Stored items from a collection

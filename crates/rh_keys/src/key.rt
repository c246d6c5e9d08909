//! A key as it is kept.

ghost use Rattle.std.specs.Prelude.{◌≡◌, ◌≤◌, ◌++◌, [], OnOk, IfOk};
ghost use Rattle.rh_keys.specs.Codes.{number_code};

use rh_base::OutOfMemory;
use std::alloc::Global;
use std::hash::{Hash, Hasher};

/// A key in bytes, since nearly all of its numbers are small.
#[derive(Drop, PartialEq, Eq)]
pub struct Key {
    /// The code of its numbers, one behind the other.
    pub bytes: Vec<u8>,
}

// All bytes are hashed at once; those of a `Vec` are one by one.
impl Hash for Key {
    ghost use Rattle.std.specs.Prelude.{[], ◌∷◌};
    ghost use Rattle.std.specs.Cmp.Rules.{hashing};
    ghost use Rattle.std.proofs.Common.{rules};

    ghost hash_input = { λ key. key.bytes.items ∷ [] };

    ghost respects_eq = { Prim.search (hashing, rules) };

    fn hash<H: Hasher>(&self, state: &mut H) {
        state.write(self.bytes.as_slice());
    }
}

impl Key {
    /// The key of no number.
    pub fn new(alloc: Global) -> Key
        ensures { result.bytes.items ≡ [] }
    {
        Key {
            bytes: Vec::new(alloc),
        }
    }

    /// An equal key, in no more memory than it takes.
    pub fn copy(&self, alloc: Global) -> Result<Key, OutOfMemory>
        ensures { IfOk result (λ copy. copy.bytes.items ≡ self.now.bytes.items) }
    {
        Ok(Key {
            bytes: Vec::from_slice(alloc, self.bytes.as_slice())?,
        })
    }
}

/// Adds a number: a single byte, unless it is 255 or above.
#[tactic(auto, unfolding(crate::specs::Codes::number_code))]
pub(crate) fn push_number(bytes: &mut Vec<u8>, number: u64) -> Result<(), OutOfMemory>
    ensures { OnOk result (bytes.new.items ≡ bytes.old.items ++ number_code number) }
{
    if number < 255 {
        bytes.push(number as u8)?;
        return Ok(());
    }
    push_large(bytes, number)
}

// Adds a number that takes more than one byte. It stands apart, so that the others, nearly all, are added without a call.
#[tactic(auto, unfolding(crate::specs::Codes::number_code))]
#[cold]
#[inline(never)]
fn push_large(bytes: &mut Vec<u8>, number: u64) -> Result<(), OutOfMemory>
    requires { 255 ≤ number }
    ensures { OnOk result (bytes.new.items ≡ bytes.old.items ++ number_code number) }
{
    bytes.push(255)?;
    bytes.extend_from_slice(number.to_le_bytes().as_slice())?;
    Ok(())
}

## WHAT THE EXERCISE ASKS
Where a line in the entries holds the word "self", copy that line.

## EXERCISE ANSWER
    fn hash<H: Hasher>(&self, state: &mut H) {
        state.write(self.bytes.as_slice());
    pub fn copy(&self, alloc: Global) -> Result<Key, OutOfMemory>
        ensures { IfOk result (λ copy. copy.bytes.items ≡ self.now.bytes.items) }
            bytes: Vec::from_slice(alloc, self.bytes.as_slice())?,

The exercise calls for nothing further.